WHAT IS BEING ASKED → Find all lines below containing the string "long" and return them.

SOURCE RECORDS →

impl<R: Files + Clone + Drop> FileDevice<R> {
    ghost use Rattle.blob_device.specs.FileMeaning.{file_time, file_faults, file_opened, file_lost};

    /// A device over this folder, with no blob opened. It touches no file. An empty root is the working folder.
    pub fn new(rt: &R, alloc: Global, root: &str) -> Result<FileDevice<R>, DevError>
        ensures memory { IsOkUnless result DevError.Mem }
        ensures none_opened { IfOk result (λ d. file_opened d ≡ (λ _. None)) }
        ensures none_made { IfOk result (λ d. (file_time d).calls ≡ 0) }
        ensures no_fault { IfOk result (λ d. file_faults d ≡ 0) }
        ensures none_lost { IfOk result (λ d. file_lost d ≡ false) }
    {
        Ok(FileDevice::over(alloc, BlobFiles::new(rt, alloc, root, false)?))
    }

    /// A device that has this folder alone, with no blob opened. It touches no file yet.
    ///
    /// Its first call makes the folder where it is absent, and opens the file `LOCK` in it. Where the runtime refuses that as
    /// [`WouldBlock`](std::io::ErrorKind::WouldBlock), another program has the folder, and the call is a fault that touches
    /// nothing. The file stays open as long as the device does. [`HostFiles`](crate::HostFiles) lock it.
    pub fn alone(rt: &R, alloc: Global, root: &str) -> Result<FileDevice<R>, DevError>
        ensures memory { IsOkUnless result DevError.Mem }
        ensures none_opened { IfOk result (λ d. file_opened d ≡ (λ _. None)) }
        ensures none_made { IfOk result (λ d. (file_time d).calls ≡ 0) }
        ensures no_fault { IfOk result (λ d. file_faults d ≡ 0) }
        ensures none_lost { IfOk result (λ d. file_lost d ≡ false) }
    {
        Ok(FileDevice::over(alloc, BlobFiles::new(rt, alloc, root, true)?))
    }

    fn over(alloc: Global, files: BlobFiles<R>) -> FileDevice<R>
        ensures none_opened { file_opened result ≡ (λ _. None) }
        ensures none_made { (file_time result).calls ≡ 0 }
        ensures no_fault { file_faults result ≡ 0 }
        ensures none_lost { file_lost result ≡ false }
    {
        FileDevice {
            alloc,
            files,
            opened: OpenedBlobs::new(alloc),
            calls: 0,
            faults: 0,
            has_lost: false,
            last_failure: None,
        }
    }

    /// How often a call failed, up to the end of a u64. Want of memory does not count.
    pub fn faults(&self) -> u64
        ensures { result ≡ file_faults self.now }
    {
        self.faults
    }

    /// Whether a sync has failed, so that what it was to write may be lost. It stays so, and no `open_blob`, `sync` or `remove`
    /// of this device answers Ok again: the system may have dropped the bytes, and a second sync would not tell.
    pub fn has_lost(&self) -> bool
        ensures { result ≡ file_lost self.now }
    {
        self.has_lost
    }

    /// What failed at the last fault, in one line: the call, the file or folder that failed in it, and the reason. None before
    /// the first fault, and where there was no memory for the line.
    pub fn last_failure(&self) -> Option<&str> {
        match &self.last_failure {
            Some(line) => Some(line.as_str()),
            None => None,
        }
    }

    fn try_scan(&mut self, alloc: Global, partition: &str) -> Result<Names, Stop>
        ensures opened { file_opened self.new ≡ file_opened self.old }
        ensures calls { (file_time self.new).calls ≡ (file_time self.old).calls }
        ensures faults { file_faults self.new ≡ file_faults self.old }
        ensures lost { file_lost self.new ≡ file_lost self.old }
        ensures folder { OnOk result (is_folder_name partition.now ≡ true) }
        ensures bad { is_folder_name partition.now ≡ false → IsErrAnd result (λ s. is_fault s ≡ true) }
    {
        Ok(Names::from_vec(self.files.scan(alloc, partition)?))
    }

    fn try_open(&mut self, partition: &str, name: &[u8]) -> Result<u64, Stop>
        ensures ok { IfOk result (λ n. file_opened self.new ≡ entered (file_opened self.old) (partition.now, name.now) n) }
        ensures err { OnErr result (file_opened self.new ≡ file_opened self.old) }
        ensures folder { OnOk result (is_folder_name partition.now ≡ true) }
        ensures bad { is_folder_name partition.now ≡ false → IsErrAnd result (λ s. is_fault s ≡ true) }
        ensures calls { (file_time self.new).calls ≡ (file_time self.old).calls }
        ensures faults { file_faults self.new ≡ file_faults self.old }
        ensures lost { file_lost self.new ≡ file_lost self.old }
        ensures lost_fails { file_lost self.old ≡ true → IsErrAnd result (λ s. is_fault s ≡ true) }
    {
        if self.has_lost {
            return Err(Stop::Lost);
        }
        let len = self.opened.get(partition, name).map(|entry| entry.len);
        // With the length of an opened blob, so that what a failed write left behind it does not settle.
        let len = self.files.open(partition, name, len)?;
        self.opened.enter(partition, name, len)?;
        Ok(len)
    }

    fn try_read(
        &mut self,
        partition: &str,
        name: &[u8],
        offset: u64,
        buf: &mut [u8],
    ) -> Result<(), Stop>
        requires { IsSome (file_opened self.old (partition.now, name.now)) }
        ensures opened { file_opened self.new ≡ updated (file_opened self.old) (partition.now, name.now) one_more_read }
        ensures calls { (file_time self.new).calls ≡ (file_time self.old).calls }
        ensures faults { file_faults self.new ≡ file_faults self.old }
        ensures lost { file_lost self.new ≡ file_lost self.old }
    {
        let blob = Blob {
            partition,
            name,
            len: self.len(partition, name),
        };
        self.opened.begin_read(partition, name);
        self.files.read(blob, offset, buf)
    }

    fn try_write(
        &mut self,
        partition: &str,
        name: &[u8],
        offset: u64,
        bytes: &[u8],
    ) -> Result<(), Stop>
        requires open { IsSome (file_opened self.old (partition.now, name.now)) }
        requires fits { offset + length bytes.now < 2 ^ 64 }
        ensures ok { OnOk result (file_opened self.new ≡ updated (file_opened self.old) (partition.now, name.now) (λ o. with_len (max o.len (offset + length bytes.now)) o)) }
        ensures err { OnErr result (file_opened self.new ≡ file_opened self.old) }
        ensures calls { (file_time self.new).calls ≡ (file_time self.old).calls }
        ensures faults { file_faults self.new ≡ file_faults self.old }
        ensures lost { file_lost self.new ≡ file_lost self.old }
    {
        let len = self.len(partition, name);
        let blob = Blob {
            partition,
            name,
            len,
        };
        // Before the list: where the write fails, the blob is as long as it was.
        self.files.write(blob, offset, bytes)?;
        let end = offset + bytes.len() as u64;
        self.opened.set_len(partition, name, len.max(end));
        Ok(())
    }

    fn try_resize(&mut self, partition: &str, name: &[u8], len: u64) -> Result<(), Stop>
        requires { IsSome (file_opened self.old (partition.now, name.now)) }
        ensures ok { OnOk result (file_opened self.new ≡ updated (file_opened self.old) (partition.now, name.now) (with_len len)) }
        ensures err { OnErr result (file_opened self.new ≡ file_opened self.old) }
        ensures calls { (file_time self.new).calls ≡ (file_time self.old).calls }
        ensures faults { file_faults self.new ≡ file_faults self.old }
        ensures lost { file_lost self.new ≡ file_lost self.old }
    {
        let blob = Blob {
            partition,
            name,
            len: self.len(partition, name),
        };
        // Before the list: where the file fails, the blob keeps its length.
        self.files.resize(blob, len)?;
        self.opened.set_len(partition, name, len);
        Ok(())
    }

    fn try_sync(&mut self, partition: &str, name: &[u8]) -> Result<(), Stop>
        requires { IsSome (file_opened self.old (partition.now, name.now)) }
        ensures opened { file_opened self.new ≡ file_opened self.old }
        ensures calls { (file_time self.new).calls ≡ (file_time self.old).calls }
        ensures faults { file_faults self.new ≡ file_faults self.old }
        ensures lost { file_lost self.new ≡ file_lost self.old }
        ensures lost_fails { file_lost self.old ≡ true → IsErrAnd result (λ s. is_fault s ≡ true) }
    {
        if self.has_lost {
            return Err(Stop::Lost);
        }
        let blob = Blob {
            partition,
            name,
            len: self.len(partition, name),
        };
        // At the length in the list, so that what a failed write left behind it does not settle.
        self.files.sync(blob)
    }

    // Once its file is gone, the blob is not opened, also where the removal could not be settled.
    fn try_remove(&mut self, partition: &str, name: &[u8]) -> Result<(), Stop>
        ensures ok { OnOk result (file_opened self.new ≡ left (file_opened self.old) (partition.now, name.now)) }
        ensures err { OnErr result ((file_opened self.new ≡ file_opened self.old) ⊎ (file_opened self.new ≡ left (file_opened self.old) (partition.now, name.now))) }
        ensures folder { OnOk result (is_folder_name partition.now ≡ true) }
        ensures bad { is_folder_name partition.now ≡ false → IsErrAnd result (λ s. is_fault s ≡ true) }
        ensures calls { (file_time self.new).calls ≡ (file_time self.old).calls }
        ensures faults { file_faults self.new ≡ file_faults self.old }
        ensures lost { file_lost self.new ≡ file_lost self.old }
        ensures lost_fails { file_lost self.old ≡ true → IsErrAnd result (λ s. is_fault s ≡ true) }
    {
        if self.has_lost {
            return Err(Stop::Lost);
        }
        // Before the list: where the file stays, the blob is still opened.
        self.files.remove(partition, name)?;
        self.opened.leave(partition, name);
        // Settled last: the file is gone by now, and the blob out of the list, whatever comes of this.
        self.files.settle_removals(partition)
    }

    // The length of an opened blob.
    fn len(&self, partition: &str, name: &[u8]) -> u64
        requires { IsSome (file_opened self.now (partition.now, name.now)) }
        ensures { IfSome (file_opened self.now (partition.now, name.now)) (λ o. o.len ≡ result) }
    {
        match self.opened.get(partition, name) {
            Some(entry) => entry.len,
            None => unreachable!(),
        }
    }

    fn failure(
        &self,
        call: Call,
        partition: &str,
        name: &[u8],
        stop: &Stop,
    ) -> Result<String, AllocError> {
        let path = self.files.path_at(stop.place(), partition, name)?;
        format!(in self.alloc; "cannot {call} {path:?}: {stop}")
    }

    // Counts a call that has ended. Where the files failed it, the fault counts too.
    fn end<T>(
        &mut self,
        call: Call,
        partition: &str,
        name: &[u8],
        done: Result<T, Stop>,
    ) -> Result<T, DevError>
        ensures counts { Counted result (file_faults self.old) (file_faults self.new) (file_time self.old).calls (file_time self.new).calls }
        ensures opened { file_opened self.new ≡ file_opened self.old }
        ensures value { result_ok result ≡ result_ok done }
        ensures refuses { IsErrAnd done (λ s. is_fault s ≡ true) → result ≡ Err DevError.Fault }
        ensures noted { Noted result (file_faults self.old) (file_faults self.new) (file_lost self.old) (file_lost self.new) }
        ensures lost { file_lost self.new ≡ (file_lost self.old || has_failed_to_sync done) }
    {
        self.calls = self.calls.saturating_add(1);
        match done {
            Ok(value) => Ok(value),
            Err(Stop::NoMemory) => Err(DevError::Mem),
            Err(stop) => {
                self.faults = self.faults.saturating_add(1);
                // A sync that failed may have dropped what it was to write: none is answered by an Ok again.
                self.has_lost |= matches!(&stop, Stop::Sync(_, _));
                self.last_failure = self.failure(call, partition, name, &stop).ok();
                Err(DevError::Fault)
            }
        }
    }
}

SOLUTION FOR THIS TASK →
    /// nothing. The file stays open as long as the device does. [`HostFiles`](crate::HostFiles) lock it.
        // Before the list: where the write fails, the blob is as long as it was.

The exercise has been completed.